A typical situation that creates problems in many organizations is the management of unstructured documents that often convey important information and knowledge (the451, 2002); due to their lack of structure, these documents cannot be easily and effectively accessed and processed by applications, thus limiting effective document management. As a consequence, members of organizations have difficulty retrieving the information contained in these documents. Moreover, existing DMSs seldom are designed according to a general and/or standard methodological approach and are built around open data and process models. Thus, related disadvantages are vendor dependence, difficult maintenance, and poor interoperability with other information systems (Stickler, 2001).

In order to deal with these issues, we propose in this article a metadata model, enabling the design of DMSs and aiming at combining the benefits of metadata for document description with the use of Web standards. The metadata language described in this work has been named DMSML (Document Management and Sharing Markup Language). DMSML offers a solution to representing a set of document properties that are relevant to document management and to rendering business and organizational information explicit in a way that promotes reuse, user-driven extensibility, and interoperability with heterogeneous systems. A Web-based prototype developed according to DMSML specifications will help make the theoretical arguments presented throughout this article concrete.

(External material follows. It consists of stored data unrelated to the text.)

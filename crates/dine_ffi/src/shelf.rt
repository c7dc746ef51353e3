// The forks that a site gave away, as they were then.
ghost use Rattle.std.specs.Prelude.{◌≡◌, ◌≢◌, ◌⊎◌, ◌<◌, ℕ, IfOk, MatchOption, MatchResult, None, Some, false, length};
ghost use Rattle.std.specs.Prelude.{map, pos, slice_get, slice_set, true};
ghost use Rattle.dine_graph.specs.Plan.{edge_count, edges_of, job_count, resigns, site_count};
ghost use Rattle.dine_token.specs.Fork.{SeenFork};
ghost use Rattle.dine_wire.specs.Arrivals.{MayCarryOn, carried_on};
ghost use Rattle.dine_wire.specs.Notes.{fork_note};
ghost use Rattle.dine_rules.specs.declared.breach.Breach.{Breach as SeenBreach};
ghost use Rattle.dine_ffi.specs.Answers.{IsRefused, breach_status};
ghost use Rattle.dine_ffi.specs.Shelves.{AwaitsFork, IsForkBreach, IsNotTakenBack, first_kept, kept_at, put_away};

use crate::status::{NO_SUCH, breach_status, wire_status};
use dine_graph::Plan;
use dine_rules::{Breach, Letter};
use dine_site::SiteCore;
use dine_token::Fork;
use dine_wire::{ForkNote, WireFault, arrive, first_fork};
use std::alloc::{AllocError, Global};
use std::mem;

/// The forks that the site has not at the start, by place.
pub(crate) fn first_shelf(
    alloc: Global,
    plan: &Plan,
    site: u32,
) -> Result<Vec<Option<Fork>>, AllocError>
    requires { site < site_count plan.now }
    ensures { IfOk result (λ shelf. shelf.items ≡ map (first_kept plan.now site) (edges_of plan.now site)) }
{
    let mut shelf = Vec::new(alloc);
    for edge in plan.edges_of(site) {
        let fork = first_kept(alloc, plan, site, *edge)?;
        shelf.push(fork)?;
    }
    Ok(shelf)
}

// The fork that the site keeps of the edge at the start, if it is the higher end.
#[tactic(auto, using(crate::proofs::FirstKept::kept_low, crate::proofs::FirstKept::kept_high))]
fn first_kept(alloc: Global, plan: &Plan, site: u32, edge: u32) -> Result<Option<Fork>, AllocError>
    requires { edge < edge_count plan.now }
    ensures { IfOk result (λ kept. kept ≡ first_kept plan.now site edge) }
{
    let (lower, _) = plan.ends(edge);
    if lower == site {
        return Ok(None);
    }
    let fork = first_fork(alloc, plan, edge)?;
    Ok(Some(fork))
}

/// Keeps the fork of a letter that is put at place `i`.
pub(crate) fn put_away(shelf: &mut Vec<Option<Fork>>, i: u32, letter: Letter)
    requires { i < length shelf.old.items }
    ensures { shelf.new.items ≡ put_away i letter shelf.old.items }
{
    if let Letter::Fork(fork) = letter {
        shelf[i as usize] = Some(fork);
    }
}

/// Takes the fork of place `i` from the shelf, after what the note reports of it. If it cannot arrive, the shelf is as
/// it was.
pub(crate) fn take_back(
    alloc: Global,
    plan: &Plan,
    shelf: &mut Vec<Option<Fork>>,
    i: u32,
    note: ForkNote,
) -> Result<Fork, i64>
    ensures back { MatchResult result
        (λ fork. (kept : SeenFork) × (n : ℕ) × (slice_get shelf.old.items i ≡ Some (Some kept)) × MayCarryOn kept n
        × (fork ≡ carried_on plan.now kept n) × (note ≡ fork_note fork)
        × (shelf.new.items ≡ slice_set shelf.old.items i None))
        (λ status. (status ≡ pos 0 → ⊥) × (shelf.new.items ≡ shelf.old.items)) }
    ensures refused { MatchResult result (λ _. Unit {0}) IsRefused }
    ensures why { MatchResult result (λ _. Unit {0})
        (λ status. i < length shelf.old.items → IsNotTakenBack plan.now (kept_at i shelf.old.items) note status) }
{
    let i = i as usize;
    if shelf.len() <= i {
        return Err(NO_SUCH);
    }
    let Some(kept) = mem::replace(&mut shelf[i], None) else {
        return Err(wire_status(WireFault::Unlawful));
    };
    match arrive(alloc, plan, kept, note) {
        Ok(fork) => Ok(fork),
        Err(refused) => {
            let status = wire_status(refused.fault);
            shelf[i] = Some(refused.kept);
            Err(status)
        }
    }
}

/// Why a fork with this note may not arrive at place `i` now, as far as that can be known before it arrives.
pub(crate) fn refusal_of(plan: &Plan, core: &SiteCore, i: u32, note: ForkNote) -> Option<i64>
    ensures awaits { MatchOption result (AwaitsFork plan.now core.now i note) (λ status. status ≡ pos 0 → ⊥) }
    ensures refused { MatchOption result (Unit {0}) IsRefused }
    ensures breach { MatchOption result (Unit {0}) (λ status. i < length core.now.places
        → (b : SeenBreach) × IsForkBreach plan.now core.now i note b × (status ≡ breach_status b)) }
{
    if core.degree() <= i {
        return Some(NO_SUCH);
    }
    if core.has_taken_close(i) {
        return Some(breach_status(Breach::AfterClose));
    }
    if core.has_fork(i) || core.has_token(i) {
        return Some(breach_status(Breach::ForkOutOfTurn));
    }
    if core.said(i).done_taken && !has_all(plan, core.neighbour(i), note.ate) {
        return Some(breach_status(Breach::StrangeFork));
    }
    None
}

// Whether the site has eaten all its meals if it has eaten these, or need not eat them all.
fn has_all(plan: &Plan, site: u32, ate: u32) -> bool
    ensures has { result ≡ true → (resigns plan.now site ≡ true) ⊎ (job_count plan.now site ≡ ate) }
    ensures has_not { result ≡ false → site < site_count plan.now
        → (resigns plan.now site ≡ false) × (job_count plan.now site ≢ ate) }
{
    site < plan.sites() && (plan.resigns(site) || plan.jobs(site) == ate)
}
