// What most exports do with a handle.

/// Takes out what the handle holds, does this call of it, puts it back, and returns what the call returned. If the
/// handle is closed, or what it holds is of another kind, that is returned, and nothing is done. With `mut` the call
/// may change what is held.
macro_rules! on_held {
    ($alloc:ident, $handle:ident, Plan($own:ident) => $call:expr) => {
        on_held!(@ $alloc, $handle, [], Plan($own) => $call, World Site Builder)
    };
    ($alloc:ident, $handle:ident, World($own:ident) => $call:expr) => {
        on_held!(@ $alloc, $handle, [], World($own) => $call, Plan Site Builder)
    };
    ($alloc:ident, $handle:ident, mut World($own:ident) => $call:expr) => {
        on_held!(@ $alloc, $handle, [mut], World($own) => $call, Plan Site Builder)
    };
    ($alloc:ident, $handle:ident, Site($own:ident) => $call:expr) => {
        on_held!(@ $alloc, $handle, [], Site($own) => $call, Plan World Builder)
    };
    ($alloc:ident, $handle:ident, mut Site($own:ident) => $call:expr) => {
        on_held!(@ $alloc, $handle, [mut], Site($own) => $call, Plan World Builder)
    };
    ($alloc:ident, $handle:ident, mut Builder($own:ident) => $call:expr) => {
        on_held!(@ $alloc, $handle, [mut], Builder($own) => $call, Plan World Site)
    };
    (
        @ $alloc:ident, $handle:ident, [$($change:tt)?], $kind:ident($own:ident) => $call:expr,
        $first:ident $second:ident $third:ident
    ) => {{
        let Some($($change)? contents) = $handle.take($alloc) else {
            return $crate::status::CLOSED;
        };
        let answer = match &$($change)? contents.object {
            $crate::contents::Object::$kind($own) => $call,
            $crate::contents::Object::$first(_)
            | $crate::contents::Object::$second(_)
            | $crate::contents::Object::$third(_) => $crate::status::OTHER_KIND,
        };
        $handle.put(contents);
        answer
    }};
}

pub(crate) use on_held;
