/// A site that keeps its streams puts few letters at a place: at most as many Requests as it has jobs, at most one Fork
/// more than that, at most one Done and at most one Close. So that is three letters more than twice the most jobs of a
/// site.
pub fn few_letters_are_put()
    ensures requests { (plan : SeenPlan) (s : ℕ) (state : LocalState) (i : ℕ) → KeepsStreams plan s state
        → i < length state.traffic
        → requests_in (traffic_at state i).put ≤ job_count plan s }
    ensures forks { (plan : SeenPlan) (s : ℕ) (state : LocalState) (i : ℕ) → KeepsStreams plan s state
        → i < length state.traffic
        → forks_in (traffic_at state i).put ≤ job_count plan s + 1 }
    ensures dones { (plan : SeenPlan) (s : ℕ) (state : LocalState) (i : ℕ) → KeepsStreams plan s state
        → i < length state.traffic
        → dones_in (traffic_at state i).put ≤ 1 }
    ensures closes { (plan : SeenPlan) (s : ℕ) (state : LocalState) (i : ℕ) → KeepsStreams plan s state
        → i < length state.traffic
        → closes_in (traffic_at state i).put ≤ 1 }
    ensures letters { (plan : SeenPlan) (s : ℕ) (state : LocalState) (i : ℕ) → IsPlan plan → s < site_count plan
        → KeepsStreams plan s state
        → i < length state.traffic → length (traffic_at state i).put ≤ 2 * MAX_JOBS + 3 }
{}

/// A site that keeps its streams takes few letters at a place: at most as many Forks as it has jobs, at most one
/// Request more than that, at most one Done and at most one Close.
pub fn few_letters_are_taken()
    ensures forks { (plan : SeenPlan) (s : ℕ) (state : LocalState) (i : ℕ) → KeepsStreams plan s state
        → i < length state.traffic
        → forks_in (traffic_at state i).taken ≤ job_count plan s }
    ensures requests { (plan : SeenPlan) (s : ℕ) (state : LocalState) (i : ℕ) → KeepsStreams plan s state
        → i < length state.traffic
        → requests_in (traffic_at state i).taken ≤ job_count plan s + 1 }
    ensures dones { (plan : SeenPlan) (s : ℕ) (state : LocalState) (i : ℕ) → KeepsStreams plan s state
        → i < length state.traffic
        → dones_in (traffic_at state i).taken ≤ 1 }
    ensures closes { (plan : SeenPlan) (s : ℕ) (state : LocalState) (i : ℕ) → KeepsStreams plan s state
        → i < length state.traffic
        → closes_in (traffic_at state i).taken ≤ 1 }
    ensures letters { (plan : SeenPlan) (s : ℕ) (state : LocalState) (i : ℕ) → IsPlan plan → s < site_count plan
        → KeepsStreams plan s state
        → i < length state.traffic → length (traffic_at state i).taken ≤ 2 * MAX_JOBS + 3 }
{}

/// A letter is allowed exactly if it meets no breach.
pub fn allowed_letters_meet_no_breach()
    ensures { (plan : SeenPlan) (s : ℕ) (state : LocalState) (i : ℕ) (letter : Letter)
        → (is_allowed plan s state i letter ≡ true) ↔ (first_breach plan s state i letter ≡ None) }
{}

/// The breach that is reported of a letter is the first that applies, in the order of their numbers: it applies, and
/// none with a lower number does. If none is reported, none applies.
pub fn first_breach_is_first()
    ensures applies { (plan : SeenPlan) (s : ℕ) (state : LocalState) (i : ℕ) (letter : Letter) (breach : Breach)
        → first_breach plan s state i letter ≡ Some breach → Applies plan s state i breach letter }
    ensures first { (plan : SeenPlan) (s : ℕ) (state : LocalState) (i : ℕ) (letter : Letter) (breach earlier : Breach)
        → first_breach plan s state i letter ≡ Some breach → number_of earlier < number_of breach
        → Applies plan s state i earlier letter → ⊥ }
    ensures none { (plan : SeenPlan) (s : ℕ) (state : LocalState) (i : ℕ) (letter : Letter) (breach : Breach)
        → first_breach plan s state i letter ≡ None → Applies plan s state i breach letter → ⊥ }
{}

/// An event moves letters by its shape: it takes one at its place, puts one there, or moves none. If the site may do
/// the event, its place is one of the places of the site.
pub fn events_move_letters_by_their_shape()
    ensures moves { (plan : SeenPlan) (s : ℕ) (state : LocalState) (failed : Bool) (next : ℕ → Option Letter)
        (kind : EventKind) (step : Step)
        → step_by failed next kind ≡ Some step → MovesBy (shape_of kind) state (after plan s state step) }
    ensures place { (plan : SeenPlan) (s : ℕ) (state : LocalState) (failed : Bool) (next : ℕ → Option Letter)
        (kind : EventKind) (step : Step)
        → step_by failed next kind ≡ Some step → may plan s state step ≡ true
        → IsPlaceWithin (length state.traffic) (shape_of kind) }
{}

/// The numbers of the breaches.
pub fn breaches_are_numbered()
    ensures { map number_of
        (AfterClose ∷ RequestOutOfTurn ∷ ForkOutOfTurn ∷ StrangeFork ∷ DoneOutOfTurn ∷ ClosedEarly ∷ [])
        ≡ 1 ∷ 2 ∷ 3 ∷ 4 ∷ 5 ∷ 6 ∷ [] }
{}

/// A neighbour that asked gets precedence. Take a state that steps lead to from the start, whatever letters arrived. If
/// the site holds the fork and the token of a place, it begins at most one meal more before it gives that fork. If that
/// fork is dirty, it begins none: it gives the fork before its next meal.
pub fn asker_has_precedence()
    ensures at_most_one { (plan : SeenPlan) (s i : ℕ) (state new : LocalState) (before steps : List Step)
        → LeadTo plan s (start_of plan s) before state → i < length state.traffic
        → fork_at plan s state i ≡ 1 → token_at plan s state i ≡ 1
        → LeadTo plan s state steps new → list_any (is_give_at i) steps ≡ false → begins_in steps ≤ 1 }
    ensures none_if_dirty { (plan : SeenPlan) (s i : ℕ) (state new : LocalState) (before steps : List Step)
        → LeadTo plan s (start_of plan s) before state → i < length state.traffic
        → fork_at plan s state i ≡ 1 → token_at plan s state i ≡ 1 → is_dirty (hand_at s state i) ≡ true
        → LeadTo plan s state steps new → list_any (is_give_at i) steps ≡ false → begins_in steps ≡ 0 }
{}

/// In every world that events reach from the start: there is one state for each site, each site keeps its streams, and
/// what an end took is a prefix of what the other end put.
pub fn reached_worlds_keep_their_streams()
    ensures sites { (plan : SeenPlan) (events : List Event) (world : WorldState) → IsPlan plan
        → Reaches plan events world → length world ≡ site_count plan }
    ensures streams { (plan : SeenPlan) (events : List Event) (world : WorldState) → IsPlan plan
        → Reaches plan events world
        → (s : ℕ) → s < site_count plan → KeepsStreams plan s (state_of world s) }
    ensures links { (plan : SeenPlan) (events : List Event) (world : WorldState) → IsPlan plan
        → Reaches plan events world → LinksAreOrdered plan world }
{}

/// In every world that events reach from the start, a link has few letters. What was put on it is what was taken from
/// it, followed by the letters in it. These are at most one Fork, one Request, one Done and one Close, and so at most
/// four.
pub fn links_hold_few_letters()
    ensures in_order { ForEachLink
        (λ plan world s i. put_to plan world s i ≡ (traffic_at (state_of world s) i).taken ++ queue_to plan world s i) }
    ensures forks { ForEachLink (λ plan world s i. forks_in (queue_to plan world s i) ≤ 1) }
    ensures requests { ForEachLink (λ plan world s i. requests_in (queue_to plan world s i) ≤ 1) }
    ensures dones { ForEachLink (λ plan world s i. dones_in (queue_to plan world s i) ≤ 1) }
    ensures closes { ForEachLink (λ plan world s i. closes_in (queue_to plan world s i) ≤ 1) }
    ensures letters { ForEachLink (λ plan world s i. length (queue_to plan world s i) ≤ 4) }
{}

/// In every world that events reach from the start, each edge has exactly one fork and one token. They are counted at
/// the two ends of the edge and in the two links between them.
pub fn edges_have_one_fork_and_one_token()
    ensures fork { ForEachEdge (λ plan world edge. forks_of_edge plan world edge ≡ 1) }
    ensures token { ForEachEdge (λ plan world edge. tokens_of_edge plan world edge ≡ 1) }
{}

/// In every world that events reach from the start, neighbours never eat at the same time: a site that eats holds the
/// fork of each of its edges.
pub fn neighbours_never_eat_together()
    ensures holds_all { ForEachLink
        (λ plan world s i. is_eating (state_of world s).phase ≡ true → fork_at plan s (state_of world s) i ≡ 1) }
    ensures alone { ForEachLink
        (λ plan world s i. is_eating (state_of world s).phase ≡ true
        → is_eating (state_of world (neighbour_at plan s i)).phase ≡ false) }
{}

/// In every world that events reach from the start, the number of effects is the number of these events.
pub fn events_are_counted()
    ensures { (plan : SeenPlan) (events : List Event) (world : WorldState) → IsPlan plan → Reaches plan events world
        → effects_of world ≡ length events }
{}

/// In every world that events reach from the start, the number of these events, and the number of effects, are at most
/// the bound of the plan.
pub fn events_are_bounded()
    ensures effects { (plan : SeenPlan) (events : List Event) (world : WorldState) → IsPlan plan
        → Reaches plan events world
        → effects_of world ≤ bound_of plan }
    ensures events { (plan : SeenPlan) (events : List Event) (world : WorldState) → IsPlan plan
        → Reaches plan events world
        → length events ≤ bound_of plan }
{}

/// An event that is enabled in a world stays enabled after each event of another site.
pub fn enabled_events_stay_enabled()
    ensures { (plan : SeenPlan) (world new : WorldState) (e other : Event)
        → is_enabled plan world e ≡ true → world_after plan world other ≡ Some new → e.site ≢ other.site
        → is_enabled plan new e ≡ true }
{}

/// In every world that events reach from the start, the list of enabled events has each enabled event. In every world
/// it has only enabled events, and none of them twice.
pub fn enabled_events_are_all_listed()
    ensures all { (plan : SeenPlan) (events : List Event) (world : WorldState) (e : Event) → IsPlan plan
        → Reaches plan events world
        → is_enabled plan world e ≡ true → (n : ℕ) × (slice_get (enabled_events plan world) n ≡ Some e) }
    ensures only { (plan : SeenPlan) (world : WorldState) (e : Event) (n : ℕ)
        → slice_get (enabled_events plan world) n ≡ Some e → is_enabled plan world e ≡ true }
    ensures once { (plan : SeenPlan) (world : WorldState) (e : Event) (n m : ℕ)
        → slice_get (enabled_events plan world) n ≡ Some e → slice_get (enabled_events plan world) m ≡ Some e → n ≡ m }
{}

/// In every world that events reach from the start, no letter meets a breach: the site may take the next letter of each
/// link to it.
pub fn next_letters_meet_no_breach()
    ensures { ForEachLink
        (λ plan world s i. (letter : Letter) → next_letter plan world s i ≡ Some letter
        → first_breach plan s (state_of world s) i letter ≡ None) }
{}

/// In every world that events reach from the start, precedence has no cycle: there is a list that has each site once,
/// and the end of each edge that has precedence before the other end.
pub fn precedence_is_acyclic()
    ensures { (plan : SeenPlan) (events : List Event) (world : WorldState) → IsPlan plan → Reaches plan events world
        → IsAcyclic plan world }
{}

/// A stuck world is complete. If events reach a world from the start and no event is enabled in it, then every site
/// thinks, and ate all its meals or has quit, and every link is closed in order and empty.
pub fn stuck_worlds_are_complete()
    ensures { (plan : SeenPlan) (events : List Event) (world : WorldState) → IsPlan plan → Reaches plan events world
        → enabled_events plan world ≡ [] → IsComplete plan world }
{}

/// A complete world is stuck: if events reach it from the start, no event is enabled in it.
pub fn complete_worlds_are_stuck()
    ensures { (plan : SeenPlan) (events : List Event) (world : WorldState) → IsPlan plan → Reaches plan events world
        → IsComplete plan world → enabled_events plan world ≡ [] }
{}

This article is organized as follows: initially, some considerations on the management of unstructured documents are made in order to point out which relevant characteristics of an unstructured document are worth being described in order to improve its efficient management (its content and context of use). Then, an example of a typical document frequently managed in many types of organizations, the project proposal, will sustain what is said from a general perspective. The following paragraphs will be devoted to the analytical description of the requirements for high-quality DMSs. The fulfillment of these requirements will be taken as the basis for the design of the metadata language (DMSML) as well as for the development of the Web-based DMS prototype presented in this work. Examples and comparative evaluation of available products—both commercial and open source—will show that meeting all of the aforementioned requirements is a characteristic satisfied by none of the presented products, to the best of our knowledge.

The central part of this article is aimed at describing (from a general point of view) the use of metadata for document management, illustrating the benefits of their usage in this domain. Existing metadata languages related to document management at the state of the art also will be recalled in this part of the article.

In the sequel, the DMSML metadata specification will be described, highlighting its fulfillment of high-level requirements. DMSML will be proposed as a declarative language for the specification of DMSs, based on existing standards and on a rigorous modeling approach. Metadata modeling, using proper formal representation techniques, then will be illustrated. The advantage of using DMSML for DMS design and development will be described in the related paragraph.

Finally, the Web-based prototype using DMSML metadata specifications will be described in its functional components and implementative details. Using these arguments, we demonstrate that the extensive use of this metadata language in document management systems will help to exploit business and organizational information in a more profitable way than what is guaranteed by proprietary document management applications, because the knowledge (properly codified through a metadata language) will allow both human and machine readability and, consequently, more effective reusability.